* [Stored entries]
Start of Block

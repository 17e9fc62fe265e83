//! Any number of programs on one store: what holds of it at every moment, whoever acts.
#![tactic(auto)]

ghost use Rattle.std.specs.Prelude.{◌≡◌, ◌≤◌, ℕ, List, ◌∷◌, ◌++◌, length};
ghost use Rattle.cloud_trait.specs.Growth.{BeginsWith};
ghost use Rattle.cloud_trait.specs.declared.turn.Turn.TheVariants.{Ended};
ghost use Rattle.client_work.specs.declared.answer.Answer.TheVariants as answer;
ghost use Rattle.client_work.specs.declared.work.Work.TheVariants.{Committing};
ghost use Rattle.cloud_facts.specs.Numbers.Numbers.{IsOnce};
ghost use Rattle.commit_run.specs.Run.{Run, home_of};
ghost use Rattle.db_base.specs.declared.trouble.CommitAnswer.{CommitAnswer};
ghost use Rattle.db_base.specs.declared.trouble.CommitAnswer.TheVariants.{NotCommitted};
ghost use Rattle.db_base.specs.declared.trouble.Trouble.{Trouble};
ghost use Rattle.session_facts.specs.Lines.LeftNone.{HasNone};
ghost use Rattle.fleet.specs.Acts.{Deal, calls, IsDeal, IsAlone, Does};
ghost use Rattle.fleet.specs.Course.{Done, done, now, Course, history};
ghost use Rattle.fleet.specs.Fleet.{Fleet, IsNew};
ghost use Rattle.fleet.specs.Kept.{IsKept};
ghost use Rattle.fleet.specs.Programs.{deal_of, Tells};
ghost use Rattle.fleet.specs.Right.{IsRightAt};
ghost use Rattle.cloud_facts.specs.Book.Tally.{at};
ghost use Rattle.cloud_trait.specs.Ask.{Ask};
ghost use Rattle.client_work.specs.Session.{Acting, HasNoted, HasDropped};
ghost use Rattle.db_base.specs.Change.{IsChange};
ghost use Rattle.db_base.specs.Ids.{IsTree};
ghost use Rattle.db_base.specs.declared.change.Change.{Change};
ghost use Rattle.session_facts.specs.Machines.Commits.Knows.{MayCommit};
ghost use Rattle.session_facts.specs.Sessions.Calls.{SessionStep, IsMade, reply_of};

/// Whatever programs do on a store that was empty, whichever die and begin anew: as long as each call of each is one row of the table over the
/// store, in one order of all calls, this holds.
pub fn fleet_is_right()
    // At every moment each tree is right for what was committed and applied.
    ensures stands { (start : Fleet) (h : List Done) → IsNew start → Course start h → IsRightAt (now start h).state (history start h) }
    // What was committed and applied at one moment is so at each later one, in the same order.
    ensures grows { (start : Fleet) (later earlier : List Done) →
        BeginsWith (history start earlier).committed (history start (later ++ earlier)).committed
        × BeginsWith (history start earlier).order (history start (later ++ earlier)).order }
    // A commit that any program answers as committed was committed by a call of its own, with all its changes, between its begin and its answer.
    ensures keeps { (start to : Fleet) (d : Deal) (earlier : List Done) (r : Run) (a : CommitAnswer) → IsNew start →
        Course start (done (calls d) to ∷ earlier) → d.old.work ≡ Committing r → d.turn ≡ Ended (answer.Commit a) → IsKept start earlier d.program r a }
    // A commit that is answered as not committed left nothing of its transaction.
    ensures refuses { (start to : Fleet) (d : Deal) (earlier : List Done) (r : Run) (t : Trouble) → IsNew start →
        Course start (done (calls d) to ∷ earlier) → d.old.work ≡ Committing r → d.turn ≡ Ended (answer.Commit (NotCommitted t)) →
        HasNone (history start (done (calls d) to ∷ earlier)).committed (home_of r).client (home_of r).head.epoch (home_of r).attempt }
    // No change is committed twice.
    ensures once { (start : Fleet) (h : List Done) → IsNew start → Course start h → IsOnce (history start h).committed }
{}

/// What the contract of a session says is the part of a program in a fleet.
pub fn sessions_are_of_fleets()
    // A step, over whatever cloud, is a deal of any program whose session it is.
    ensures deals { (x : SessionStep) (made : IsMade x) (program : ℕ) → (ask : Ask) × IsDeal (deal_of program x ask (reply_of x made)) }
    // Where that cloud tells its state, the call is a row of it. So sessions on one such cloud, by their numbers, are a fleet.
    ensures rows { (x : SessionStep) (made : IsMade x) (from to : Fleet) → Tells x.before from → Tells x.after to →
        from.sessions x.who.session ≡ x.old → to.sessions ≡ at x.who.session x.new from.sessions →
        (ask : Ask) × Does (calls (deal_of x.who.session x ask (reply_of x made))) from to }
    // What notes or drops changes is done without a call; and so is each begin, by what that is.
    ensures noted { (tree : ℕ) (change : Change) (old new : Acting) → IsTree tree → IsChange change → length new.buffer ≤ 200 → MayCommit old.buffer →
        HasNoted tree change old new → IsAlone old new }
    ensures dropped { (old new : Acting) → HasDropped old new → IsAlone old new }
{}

End of Block
Start of Block

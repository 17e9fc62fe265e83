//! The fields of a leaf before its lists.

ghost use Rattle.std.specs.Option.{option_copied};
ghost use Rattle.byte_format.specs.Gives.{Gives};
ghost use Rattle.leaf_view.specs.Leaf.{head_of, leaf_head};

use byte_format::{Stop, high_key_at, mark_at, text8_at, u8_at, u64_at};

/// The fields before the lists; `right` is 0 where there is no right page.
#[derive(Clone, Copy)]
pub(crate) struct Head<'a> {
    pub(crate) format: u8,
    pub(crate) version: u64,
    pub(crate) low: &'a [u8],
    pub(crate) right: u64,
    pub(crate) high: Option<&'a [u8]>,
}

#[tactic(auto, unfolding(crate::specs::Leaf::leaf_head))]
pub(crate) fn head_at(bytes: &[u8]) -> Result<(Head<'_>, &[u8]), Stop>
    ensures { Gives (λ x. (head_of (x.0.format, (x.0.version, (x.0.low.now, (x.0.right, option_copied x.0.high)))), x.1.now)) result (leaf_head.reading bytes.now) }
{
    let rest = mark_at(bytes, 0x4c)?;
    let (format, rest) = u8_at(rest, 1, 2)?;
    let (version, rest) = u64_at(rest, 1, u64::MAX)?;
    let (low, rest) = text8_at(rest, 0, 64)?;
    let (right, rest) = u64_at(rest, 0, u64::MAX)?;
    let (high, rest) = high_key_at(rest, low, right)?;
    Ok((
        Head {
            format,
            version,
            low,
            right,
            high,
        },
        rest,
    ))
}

End of Block

* [Exercise instructions]
From the data, pick out every line that includes "turn".

* [Worked solution]
ghost use Rattle.cloud_trait.specs.declared.turn.Turn.TheVariants.{Ended};
        Course start (done (calls d) to ∷ earlier) → d.old.work ≡ Committing r → d.turn ≡ Ended (answer.Commit a) → IsKept start earlier d.program r a }
        Course start (done (calls d) to ∷ earlier) → d.old.work ≡ Committing r → d.turn ≡ Ended (answer.Commit (NotCommitted t)) →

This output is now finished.